Words Matter

Nursing home patients or nursing home residents?

By Rick Machemer, Ph. D.

Words matter. They have power. Words generate an image — in the person using them as well as in the person receiving them.

Does the word and its image accurately reflect reality? What if the word and the image cause harm, not physical, but cognitive or emotional? Do we change this word to be more fashionable, more correct? Or do we change the word to more accurately describe the situation?

Now put this word, with its image, into the context of a person living in a nursing home for the remainder of their life.

We often refer to a person living in a nursing home as a patient. The image of a patient is of a person who is ill or has a disease or has been injured, who needs treatment, and then leaves. The person accepts the treatment passively. It’s unusual for other than the person’s medical history to be known. Anything else may seem irrelevant to the treatment. While appropriate in an acute medical setting, this one-dimensional view of the person is inappropriate in a long-term care setting. Nursing home is after all, two words, nursing and home. Nursing to focus on the on-going medical needs of the person. Home, a place to live in which all the many dimensions of the individual — family, friends, education, work, memories, dreams, concerns, fears, the things of a complete life — are known, are important. The word patient used in a nursing home “reduces” this complex individual to “only” a chronic illness or disability. Everything else about the person becomes secondary.

Remember, this is now their home. The individual may continue to actively participate in daily life activities and in their care. They didn’t check their history, their memories, their dreams, their fears, the rest of their non-medically-related life at the door.

What image do we want to convey when we speak about an individual living in a nursing home? Is it a one-dimensional view — to focus on only the medical needs? Is this person to no longer have a say about their life? Are they to lose their history, dreams, fears, memories? Do they exist only to receive care? If so, use patient. If we want to see them as a unique human being with a past, looking toward a future, filled with memories, encouraged as able to participate in their care, sharing all the human emotions, then use resident.

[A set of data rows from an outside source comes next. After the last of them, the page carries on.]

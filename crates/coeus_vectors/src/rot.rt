//! Rotations of a ciphertext.

ghost use Rattle.std.specs.Prelude.{◌≡◌, length};
ghost use Rattle.co_bfv.specs.Ciphertexts.{ciphertext_degree};
ghost use Rattle.co_switch.specs.Keys.{keys_degree};

use crate::bfv::{Shown, encryption, put_each_opened, slots_message};
use crate::cases::{BadCase, Case};
use crate::lines::put;
use crate::switch::keyed;
use co_bfv::{Cipher, Secret};
use co_rot::{Visitor, crown, parent, subtree_count, subtree_size, walk_subtree};
use co_switch::{KeySet, Steps};
use rand_core::SeedableRng;
use rand_xoshiro::SplitMix64;
use std::alloc::{AllocError, Global};

/// The line of a case, behind the name of its call.
pub fn line(case: Case) -> Result<String, BadCase> {
    let mut line = String::new(case.alloc);
    match case.call() {
        "parents" => put_parents(&mut line, case)?,
        "rotations" => put_rotations(&mut line, case)?,
        _ => return Err(BadCase::Unfit),
    }
    Ok(line)
}

fn put_parents(line: &mut String, case: Case) -> Result<(), BadCase> {
    for number in case.numbers("of")?.iter() {
        if *number > 0 {
            put(line, parent(*number) as u128)?;
        }
    }
    Ok(())
}

/// Keeps the rotations that it is shown.
#[derive(Drop)]
struct Kept {
    alloc: Global,
    degree: usize,
    rotations: Vec<Cipher>,
}

impl Visitor for Kept {
    ghost visits = { λ _ _ _ _. Unit {0} };

    ghost degree = { λ k. k.degree };

    fn visit(&mut self, _rotation: u32, cipher: &Cipher) -> Result<(), AllocError> {
        let copy = cipher.copy(self.alloc)?;
        self.rotations.push(copy)?;
        Ok(())
    }
}

/// Shows a visitor all rotations, subtree by subtree.
fn walk_all<V: Visitor>(
    alloc: Global,
    query: &Cipher,
    keys: &KeySet,
    visitor: &mut V,
) -> Result<(), AllocError>
    requires query { ciphertext_degree query.now ≡ keys_degree keys.now }
    requires visitor { V.degree visitor.old ≡ keys_degree keys.now }
{
    let _ = keys.rotations();
    let mut steps = Steps::begin();
    let roots = crown(alloc, query, keys, &mut steps)?;
    let size = subtree_size(keys);
    for r in 0..subtree_count(keys) {
        walk_subtree(
            alloc,
            r * size,
            &roots[r as usize],
            keys,
            visitor,
            &mut steps,
        )?;
    }
    Ok(())
}

/// The rotations of the encryption of some slots: the slots that each opens to, then the digests.
fn put_rotations(line: &mut String, case: Case) -> Result<(), BadCase> {
    let mut words = SplitMix64::seed_from_u64(case.number("stream") as u64);
    let (secret, keys) = keyed(case, &mut words)?;
    put_rotations_by(line, case, &secret, &keys, &mut words)
}

fn put_rotations_by(
    line: &mut String,
    case: Case,
    secret: &Secret,
    keys: &KeySet,
    words: &mut SplitMix64,
) -> Result<(), BadCase>
    requires { keys_degree keys.now ≡ length secret.now }
{
    let message = slots_message(case, "slots")?;
    let query = encryption(case.alloc, &message, secret, words)?;
    let rotations = rotations(case.alloc, &query, keys)?;
    put_each_opened(case.alloc, line, secret, &rotations, Shown::Slots)
}

fn rotations(alloc: Global, query: &Cipher, keys: &KeySet) -> Result<Vec<Cipher>, AllocError>
    requires { ciphertext_degree query.now ≡ keys_degree keys.now }
{
    let mut kept = Kept {
        alloc,
        degree: query.degree(),
        rotations: Vec::new(alloc),
    };
    walk_all(alloc, query, keys, &mut kept)?;
    Ok(kept.rotations)
}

It’s critical to focus on the person first as a resident in their home, and the medical and other care needs second. It’s a decision. That decision affects the person and how they see themselves. It affects how others see and interact with this person.

There is a choice — make the individual into a one-dimensional caricature who needs only care. Or acknowledge and celebrate all that makes this individual a complete human being – a resident who needs care – in their home.


Rick Machemer, PhD, is the cofounder of the Lifespan Gerontology Program in 1981 and a former biology and gerontology professor at St. John Fisher University.